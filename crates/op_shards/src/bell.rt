use crate::sleep::Sleep;
use crate::word::Word;
use std::sync::Wait;

/// The bit of the count's word that says that a taker waits whom nobody wakes yet.
const WAITING: u64 = 1;

/// The bit that says that the takers are to end.
const FINISHED: u64 = 1;

/// The bell that wakes takers. It is rung after each operation that a queue took, when a shard is
/// released in which operations may be left, and at the end. Ringing it is one step if nobody
/// waits.
#[derive(Drop)]
pub struct Bell<W: Word, S: Sleep<W>> {
    /// Twice the number of times that it was rung, modulo 2^63, and the bit `WAITING`.
    rings: W,
    ends: W,
    sleepers: S,
}

impl<W: Word, S: Sleep<W>> Bell<W, S> {
    /// A bell by two words that are 0, and where takers sleep.
    pub fn of(rings: W, ends: W, sleepers: S) -> Bell<W, S> {
        Bell {
            rings,
            ends,
            sleepers,
        }
    }

    /// True if the takers are to end.
    pub fn is_finished(&self) -> bool {
        self.ends.has(FINISHED)
    }

    /// Has the takers end.
    pub fn finish<R: Wait>(&self, rt: &R) {
        self.ends.set(FINISHED);
        self.ring(rt);
    }

    /// Raises the count, and wakes all who wait.
    pub fn ring<R: Wait>(&self, rt: &R) {
        // Of those who ring at the same time one clears the bit, and wakes. Who sets it before that
        // and isn't asleep yet finds the word changed.
        if self.rings.add_two() && self.rings.clear(WAITING) {
            self.sleepers.wake_all(rt);
        }
    }

    /// The count of rings.
    pub fn count(&self) -> u64 {
        self.rings.value() >> 1
    }

    /// Waits while the count is still this one. It may return before, if somebody rings for others.
    pub fn wait<R: Wait>(&self, rt: &R, count: u64) {
        self.rings.set(WAITING);
        let value = (count << 1) | WAITING;
        self.sleepers.sleep_while(rt, &self.rings, value);
    }
}
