//! The queues of all shards, as senders and takers use them.

ghost use Rattle.std.specs.Prelude.{◌≡◌, ◌<◌, ◌≤◌, ◌-◌, ◌%◌, length, map, All, IfOk, OnOk, IsTrue, MatchOption};
ghost use Rattle.std.specs.Prelude.{MatchResult};
ghost use Rattle.crossbeam_queue.specs.Passes.{ruled_capacity};
ghost use Rattle.std.specs.List.{range_with_len};
ghost use Rattle.op_shards.specs.declared.rule.Ranked.{Ranked};
ghost use Rattle.op_shards.specs.Order.{queue_position, of, IsPartOf, AreFirstOf, IsHere, IsNextAfter};
ghost use Rattle.op_shards.specs.Passes.{name, names, queues_of, spots, spot_of, shard_of, at_shard, free_end_state};
ghost use Rattle.op_shards.specs.Passes.{new_sender, new_taker, after_submit, after_take, after_gather, Grew, WasSent};
ghost use Rattle.op_shards.specs.Passes.{SenderWasKept, SenderWasKeptAt, TakerWasKept, TakerWasKeptAt};

use crate::group_op::GroupOp;
use crate::pass::{Members, SendPass, TakePass, new_send_passes, new_take_passes};
use crate::queue_end::FreeEnd;
use crate::rule::{Placed, Queue};
use crossbeam_queue::RuledArrayQueue;
use std::alloc::{AllocError, Global};
use std::marker::{Brand, Model};
use std::sync::Wait;
use txn::NoMemory;

// It keeps no runtime: each call is handed the one by which it locks and waits.

/// A bounded queue for each shard. An operation's shard is the number of its group modulo the
/// number of shards. To a contract it is the queues by shard, how many senders and takers have
/// passes of them, and how many operations each holds at most.
pub struct OpShards<T: GroupOp> {
    places: usize,
    senders: usize,
    takers: usize,
    queues: Vec<Queue<T>>,
}

// Written out, here and at the passes, so that a crate that drops one calls this and needn't prove
// again how queues and their ends are dropped.
impl<T: GroupOp> Drop for OpShards<T> {
    fn drop(self) {
        let OpShards {
            places: _,
            senders: _,
            takers: _,
            queues,
        } = self;
        drop(queues);
    }
}

impl<T: GroupOp> Model for OpShards<T> {
    ghost use Rattle.std.specs.Prelude.{◌≡◌, ◌<◌, length, All};
    ghost use Rattle.crossbeam_queue.specs.Passes.{ruled_capacity};
    ghost use Rattle.op_shards.specs.Passes.{names, queues_of, Shards};

    ghost Value = { Shards };

    ghost view = { λ s. record { queues = queues_of (names s.queues.items) s.senders s.takers; places = s.places } };

    ghost invariant = { λ s. (0 < length s.queues.items) × All (λ q. ruled_capacity q ≡ s.places) s.queues.items };
}

impl<T: GroupOp> OpShards<T> {
    /// Empty queues of `places` places each, and a pass of all of them for each sender and each
    /// taker.
    pub fn new(
        alloc: Global,
        shards: usize,
        places: usize,
        senders: usize,
        takers: usize,
    ) -> Result<(OpShards<T>, Vec<SendPass<T>>, Vec<TakePass<T>>), NoMemory>
        requires shards { 0 < shards }
        requires places { 0 < places }
        ensures shards { IfOk result (λ r. (length r.0.queues.names ≡ shards) × (r.0.queues.senders ≡ senders) ×
            (r.0.queues.takers ≡ takers) × (r.0.places ≡ places)) }
        ensures senders { IfOk result (λ r. r.1.items ≡ map (new_sender r.0.queues) (range_with_len 0 senders)) }
        ensures takers { IfOk result (λ r. r.2.items ≡ map (λ _. new_taker r.0.queues) (range_with_len 0 takers)) }
    {
        let members = Members { senders, takers };
        let (queues, mut free_ends) = open_all(alloc, shards, places, members)?;
        let send_passes = new_send_passes(alloc, &queues, &mut free_ends, members)?;
        let take_passes = new_take_passes(alloc, &queues, &mut free_ends, members)?;
        let shards = OpShards {
            places,
            senders,
            takers,
            queues,
        };
        Ok((shards, send_passes, take_passes))
    }

    /// The number of shards, which is above 0.
    pub fn count(&self) -> usize
        ensures count { result ≡ length self.now.queues.names }
        ensures some { 0 < result }
    {
        self.queues.len()
    }

    /// Puts the operation at the end of the queue of its group's shard. Full: it comes back, and
    /// only if that queue was full at one moment: of the call, which the contract can't say. The
    /// pass has all that it had, and with an accepted operation one more: `sending_goes_on` says
    /// how this adds up over many calls.
    pub fn submit<R: Wait>(&self, rt: &R, pass: &mut SendPass<T>, op: T) -> Result<(), T>
        requires { pass.old.queues ≡ self.now.queues }
        ensures queues { pass.new.queues ≡ pass.old.queues }
        ensures answer { let shard = T.group op % length self.now.queues.names in
            MatchResult result
            (λ _. (pass.new ≡ after_submit pass.old shard op) × SenderWasKept T.group pass.new shard)
            (λ x. (x ≡ op) × (pass.new ≡ pass.old) × SenderWasKeptAt T.group self.now.places pass.old shard) }
        ensures grew { Grew pass.old pass.new }
        ensures sent { OnOk result (WasSent pass.old pass.new (λ x. x ≡ op)) }
    {
        let shard = op.group() % self.queues.len();
        let queue = &self.queues[shard];
        pass.push(rt, queue, shard, op)
    }

    /// Takes an operation from the front of the shard's queue, and adds it to the pass. It is of
    /// one of the senders and of that shard, and after all operations of its sender that the pass
    /// has there. None, and the pass as it was, only if that queue was empty at one moment: of the
    /// call, which the contract can't say.
    pub fn take<R: Wait>(&self, rt: &R, pass: &mut TakePass<T>, shard: usize) -> Option<T>
        requires pass { pass.old.queues ≡ self.now.queues }
        requires shard { shard < length self.now.queues.names }
        ensures queues { pass.new.queues ≡ pass.old.queues }
        ensures takers { pass.new.takers ≡ pass.old.takers }
        ensures answer { MatchOption result
            ((pass.new ≡ pass.old) × TakerWasKeptAt T.group 0 pass.old shard)
            (λ op. (x : Ranked T) × (x.op ≡ op) × (pass.new ≡ after_take pass.old shard x)
            × IsHere T.group (shard_of self.now.queues shard) x × IsNextAfter (at_shard pass.old.taken shard) x
            × TakerWasKept T.group pass.new shard) }
    {
        let queue = &self.queues[shard];
        match pass.pop(rt, queue, shard) {
            Some(ranked) => Some(ranked.op),
            None => None,
        }
    }

    /// True only if the shard's queue was empty at one moment, of the call, which the contract
    /// can't say. Of false nothing is said, since another taker may have taken the last operation
    /// meanwhile. Nothing changes, and nobody is waited for.
    pub fn is_empty(&self, pass: &mut TakePass<T>, shard: usize) -> bool
        requires pass { pass.old.queues ≡ self.now.queues }
        requires shard { shard < length self.now.queues.names }
        ensures same { pass.new ≡ pass.old }
        ensures held { IsTrue result → TakerWasKeptAt T.group 0 pass.old shard }
    {
        let queue = &self.queues[shard];
        pass.is_empty(queue, shard)
    }

    /// The number of places of the shard's queue that are free at one moment, of the call, which
    /// the contract can't say. Nothing changes.
    pub fn free_places<R: Wait>(&self, rt: &R, pass: &mut SendPass<T>, shard: usize) -> usize
        requires pass { pass.old.queues ≡ self.now.queues }
        requires shard { shard < length self.now.queues.names }
        ensures same { pass.new ≡ pass.old }
        ensures most { result ≤ self.now.places }
        ensures held { SenderWasKeptAt T.group (self.now.places - result) pass.old shard }
    {
        let queue = &self.queues[shard];
        self.places - pass.len(rt, queue, shard)
    }

    /// Puts the other taker's pass together with this one: what it took, to be compared whole.
    pub fn gather(&self, takes: &mut TakePass<T>, other: TakePass<T>)
        requires takes { takes.old.queues ≡ self.now.queues }
        requires other { other.queues ≡ self.now.queues }
        ensures { takes.new ≡ after_gather takes.old other }
    {
        takes.gather(&self.queues, other);
    }

    /// Each operation that was taken of a sender in a shard was accepted there at least as often.
    /// Those that all takers together took are the first that were accepted, each once. Nothing
    /// changes.
    pub fn compare(&self, sends: &mut SendPass<T>, takes: &mut TakePass<T>, shard: usize)
        requires sends { sends.old.queues ≡ self.now.queues }
        requires takes { takes.old.queues ≡ self.now.queues }
        requires shard { shard < length self.now.queues.names }
        ensures same { (sends.new ≡ sends.old) × (takes.new ≡ takes.old) }
        ensures accepted { IsPartOf (of sends.old.sender (at_shard takes.old.taken shard))
            (at_shard sends.old.accepted shard) }
        ensures first { takes.old.takers ≡ self.now.queues.takers →
            AreFirstOf (of sends.old.sender (at_shard takes.old.taken shard)) (at_shard sends.old.accepted shard) }
    {
        let queue = &self.queues[shard];
        sends.compare(queue, takes, shard);
    }
}

// A queue for each shard, and the end of each that has all its senders and takers.
fn open_all<T: GroupOp>(
    alloc: Global,
    shards: usize,
    places: usize,
    members: Members,
) -> Result<(Vec<Queue<T>>, Vec<FreeEnd<T>>), AllocError>
    requires shards { 0 < shards }
    requires places { 0 < places }
    ensures queues { IfOk result (λ r. (length r.0.items ≡ shards) × All (λ q. ruled_capacity q ≡ places) r.0.items) }
    ensures free_ends { IfOk result (λ r. r.1.items ≡
        map (free_end_state 0 members.takers) (spots (queues_of (names r.0.items) members.senders members.takers))) }
{
    let mut queues = Vec::new(alloc);
    let mut free_ends = Vec::new(alloc);
    for shard in 0..shards {
        let (queue, free_end) = open::<T, Brand>(alloc, shard, shards, places, members)?;
        free_ends.push(free_end)?;
        queues.push(queue)?;
    }
    Ok((queues, free_ends))
}

// The queue of a shard. Its caller picks where the queue stands.
fn open<T: GroupOp, J: Placed>(
    alloc: Global,
    shard: usize,
    shards: usize,
    places: usize,
    members: Members,
) -> Result<(Queue<T>, FreeEnd<T>), AllocError>
    requires shards { shard < shards }
    requires places { 0 < places }
    requires place { J.place ≡ queue_position shard shards members.senders members.takers }
    ensures queue { IfOk result (λ r. ruled_capacity r.0 ≡ places) }
    ensures free_end { IfOk result (λ r. r.1 ≡ free_end_state 0 members.takers
        (spot_of (name r.0) (queue_position shard shards members.senders members.takers))) }
{
    let (queue, pass) = RuledArrayQueue::ruled(alloc, places)?;
    let free_end = FreeEnd::open::<J>(&queue, pass);
    Ok((queue, free_end))
}
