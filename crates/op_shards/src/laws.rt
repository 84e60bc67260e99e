//! Facts for the proofs of the crates above: a sender's pass keeps what it has. The function does
//! nothing.
ghost use Rattle.std.specs.Prelude.{◌≡◌};
ghost use Rattle.op_shards.specs.Passes.{Sender, Grew, WasSent};

use std::marker::Brand;

/// A property of an operation. Each use of the law below picks it.
pub trait Property<T> {
    ghost holds: { T → Type 0 };
}

impl<T> Property<T> for Brand {
    ghost holds = { λ _. Unit {0} };
}

/// From a state of a pass to itself nothing is lost, nor over several steps of each of which this
/// is so. If an operation was sent, one was sent that has each property of it; and what was sent
/// in one step was sent in that step together with steps before and after it. The property may
/// speak of `about`.
pub fn sending_goes_on<T, A, P: Property<T>>(about: &A)
    ensures none { (s : Sender T) → Grew s s }
    ensures several { (s t u : Sender T) → Grew s t → Grew t u → Grew s u }
    ensures property { (s t : Sender T) (op : T) → WasSent s t (λ x. x ≡ op) → P.holds op → WasSent s t P.holds }
    ensures further { (r s t u : Sender T) → WasSent s t P.holds → Grew r s → Grew t u → WasSent r u P.holds }
{
    let _ = about;
}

══════════════════════════════

## WORK TO BE COMPLETED
Which lines of the records contain "Model"? Show each of them.

## WRITTEN ANSWER
use std::marker::{Brand, Model};
impl<T: GroupOp> Model for OpShards<T> {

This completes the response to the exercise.